On this note, Cites states: “Discrepancies between import and export figures in the Cites trade database may arise for a number of reasons including purpose codes are often reported using different, but equally valid, codes,” and that, “Many of the entries may be explained by exporters reporting on issued permits which are then not used or only partly utilised.”

Since 2000, Cites members have not been required to send wildlife trade export and import permit information to the Cites Geneva headquarters for inspection and correlation, however, instead only reporting their trade data once a year.

In South Africa, export permits are not issued through a central office but by each province, although applications relating to the authorisation of international trade in rhinos are required to be sent to the DEA before the permits are issued.

To date, “the process to institute an integrated national online permitting system is still to be finalised”, Modise said.

William Symes, a PhD student from the Department of Biological Sciences who recently published a study on the gravity of the wildlife trade, states that “while there is currently a database of legal trade in restricted species, it relies on the submission of annual reports which can be undermined by weak domestic legislation and governance, hence we are not getting a complete picture of the industry.”

However, it is this record that is supposed to influence decisions regarding the trade of rhinos and provide accurate public records of trade in the species. With the official trade database in such disarray, what hope does South Africa have when it comes to safeguarding the well-being and safety of these animals in the countries to where they are headed?

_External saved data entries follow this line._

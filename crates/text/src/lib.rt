// List text read, in the plain style as `0-3, 5-7, 11`: a token is followed byte by byte. The call measures first and writes only what fits.
#![tactic(auto)]

mod bytes;

ghost use Rattle.std.specs.Prelude.{◌≡◌};
ghost use Rattle.storage.specs.Stores.{Changes};
ghost use Rattle.text.specs.Readings.{kind, grown, fresh, value, token, empty, by_digit, by_joiner, by_kind, refusal_of, reading_list};
ghost use Rattle.text.specs.Kernels.{number_so_far, left_of, part_of, step_of, Walked};

use storage::{Bitmap, Refusal, Refused};
use style::Style;

pub const COMMA: u8 = 44;

pub const ZERO: u8 = 48;

// The largest bit that a list may hold.
const LIMIT: usize = 4_294_967_295;

// More than a number of any style may be.
const TOO_LARGE: usize = LIMIT + 1_001;

// What a byte is to a list.
#[derive(Clone, Copy, Debug, PartialEq, Eq)]
enum Kind {
    Digit(u8),
    Blank,
    Joiner,
    Comma,
    Other,
}

// Why a text is no list: its first bad token is bad by a slip, or by a number of digits only that is above the limit.
#[derive(Clone, Copy, Debug, PartialEq, Eq)]
enum Fault {
    Slip,
    Huge,
}

// How far a token is read: whether the joiner came, the number before it, and how far the number at hand is read: 0, no digit yet;
// 1, its last byte a digit; 2, blanks after it. `TOO_LARGE` stands for every larger number. These are numbers because a loop
// that copies an enum copies its padding, which costs more than the rest.
#[derive(Clone, Copy)]
struct Part {
    pub split: usize,
    pub left: usize,
    pub phase: usize,
    pub value: usize,
}

// What a byte makes of a token. Three outcomes with a name each: a `Result` of an `Option` would say less.
#[derive(Clone, Copy)]
enum Step {
    Go(Part),
    Ends,
    Stop(Fault),
}

fn kind_of(c: u8, joiner: usize) -> Kind
    ensures { result ≡ kind joiner c }
{
    if bytes::is_digit(c) {
        return Kind::Digit(c - ZERO);
    }
    if bytes::is_blank(c) {
        return Kind::Blank;
    }
    if c as usize == joiner {
        return Kind::Joiner;
    }
    if c == COMMA {
        return Kind::Comma;
    }
    Kind::Other
}

// One digit more. By a branch: a minimum takes longer.
fn grown(v: usize, d: u8) -> usize
    ensures { result ≡ grown v d }
{
    if v < TOO_LARGE {
        let x = v * 10 + d as usize;
        if x < TOO_LARGE {
            return x;
        }
    }
    TOO_LARGE
}

// The bit of a number that ended, if it has digits, is not below the first number, and is within the limit.
fn value_of(phase: usize, v: usize, first: usize) -> Result<usize, Fault>
    ensures { result ≡ value first (number_so_far phase v) }
{
    if phase == 0 {
        return Err(Fault::Slip);
    }
    if v < first {
        return Err(Fault::Slip);
    }
    if v - first <= LIMIT {
        Ok(v - first)
    } else {
        Err(Fault::Huge)
    }
}

// A token of which nothing is read.
fn fresh() -> Part
    ensures { part_of result ≡ fresh }
{
    Part {
        split: 0,
        left: 0,
        phase: 0,
        value: 0,
    }
}

// Whether nothing but blanks is read.
fn empty(p: Part) -> bool
    ensures { result ≡ empty (part_of p) }
{
    if p.split == 0 { p.phase == 0 } else { false }
}

// What a token is that ended: a range, or nothing but blanks.
fn token_of(p: Part, first: usize) -> Result<Option<(usize, usize)>, Fault>
    ensures { result ≡ token first (part_of p) }
{
    if empty(p) {
        return Ok(None);
    }
    let a = p.left;
    let b = value_of(p.phase, p.value, first)?;
    if p.split == 0 {
        return Ok(Some((b, b)));
    }
    if a <= b {
        Ok(Some((a, b)))
    } else {
        Err(Fault::Slip)
    }
}

// A token and a digit.
fn by_digit(p: Part, d: u8) -> Step
    ensures { step_of result ≡ by_digit (left_of p.split p.left) (number_so_far p.phase p.value) d }
{
    if p.phase == 0 {
        return Step::Go(Part {
            phase: 1,
            value: d as usize,
            ..p
        });
    }
    if p.phase == 1 {
        return Step::Go(Part {
            phase: 1,
            value: grown(p.value, d),
            ..p
        });
    }
    Step::Stop(Fault::Slip)
}

// A token and a joiner.
fn by_joiner(p: Part, first: usize) -> Step
    ensures { step_of result ≡ by_joiner (left_of p.split p.left) (value first (number_so_far p.phase p.value)) }
{
    if p.split != 0 {
        return Step::Stop(Fault::Slip);
    }
    match value_of(p.phase, p.value, first) {
        Err(f) => Step::Stop(f),
        Ok(a) => Step::Go(Part {
            split: 1,
            left: a,
            phase: 0,
            value: 0,
        }),
    }
}

// A token and the next byte.
fn step_by(p: Part, k: Kind, first: usize) -> Step
    ensures { step_of result ≡ by_kind first (part_of p) k }
{
    match k {
        Kind::Digit(d) => by_digit(p, d),
        Kind::Blank => {
            if p.phase == 1 {
                return Step::Go(Part { phase: 2, ..p });
            }
            Step::Go(p)
        }
        Kind::Joiner => by_joiner(p, first),
        Kind::Comma => Step::Ends,
        Kind::Other => Step::Stop(Fault::Slip),
    }
}

// The largest number of a list, if the text is one. The ranges of its good tokens are set, as far as the words go.
fn walk(words: &mut [u64], text: &[u8], style: Style) -> Result<usize, Fault>
    ensures { Walked style text.now result words.old words.new }
{
    let mut top: usize = 0;
    let mut any = false;
    let mut at = 0;
    let fault = 'tokens: loop {
        let mut part = fresh();
        let mut more = false;
        // An outer loop over tokens and an inner one over digits, left by a label, is the form that document 01 asks for.
        'digits: while at < text.len() {
            let s = step_by(part, kind_of(text[at], style.joiner), style.first);
            at += 1;
            match s {
                Step::Go(q) => part = q,
                Step::Ends => {
                    more = true;
                    break 'digits;
                }
                Step::Stop(f) => break 'tokens f,
            }
        }
        match token_of(part, style.first) {
            Ok(Some((a, b))) => {
                arch::fill_region(words, a, b + 1, true);
                top = top.max(b);
            }
            Ok(None) => {
                if any {
                    if !more {
                        return Ok(top);
                    }
                }
                break 'tokens Fault::Slip;
            }
            Err(f) => break 'tokens f,
        }
        if !more {
            return Ok(top);
        }
        any = true;
    };
    Err(fault)
}

impl From<Fault> for Refusal {
    ghost from_gives = { λ fault why. why ≡ refusal_of fault };

    fn from(fault: Fault) -> Refusal {
        match fault {
            Fault::Slip => Refusal::NotList,
            Fault::Huge => Refusal::NumberOver,
        }
    }
}

// The bitmap becomes the set that the text lists in a style, in the words up to its largest number's. 15, then 8, then 7 or 16, then 6, each before a word
// is written. What an allowed style reads depends on its first number and joiner: from 1, with `:`, `1:3, 5` is {0, 1, 2, 4}.
pub fn from_list(words: &mut [u64], b: Bitmap, text: &[u8], style: Style) -> Result<Bitmap, Refused>
    ensures { Changes (reading_list style text.now) words.old b result words.new }
{
    let n = b.count;
    storage::check(words, b)?;
    if !style::is_allowed(style) {
        return Err(Refused(Refusal::BadStyle, b));
    }
    if !bytes::is_plain(text) {
        return Err(Refused(Refusal::NotAscii, b));
    }
    // The first walk is lent no word: it measures.
    let top = match walk(&mut words[..0], text, style) {
        Ok(top) => top,
        Err(fault) => return Err(Refused(fault.into(), b)),
    };
    let count = top / 64 + 1;
    if count > words.len() {
        return Err(Refused(Refusal::NoSpace, b));
    }
    storage::zero_words(words, 0, n.max(count));
    // The second walk comes to the same, and marks.
    let _ = walk(&mut words[..count], text, style);
    Ok(Bitmap { count, ..b })
}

Introducing any corrective measures or trying to rescue the animals would be virtually impossible as the animals are now the property of the importing country.

It’s a process that passes through too many hands, resulting in massive inconsistencies, ineffectiveness to enforce the rules, unco-ordinated information at all levels, and ongoing insufficient recording of numbers.

These discrepancies have allowed the export of South Africa’s rhinos to go on for years, leaving one question left unanswered, “Where are our rhinos now?”

Avery is a conservationist and writer based in South Africa.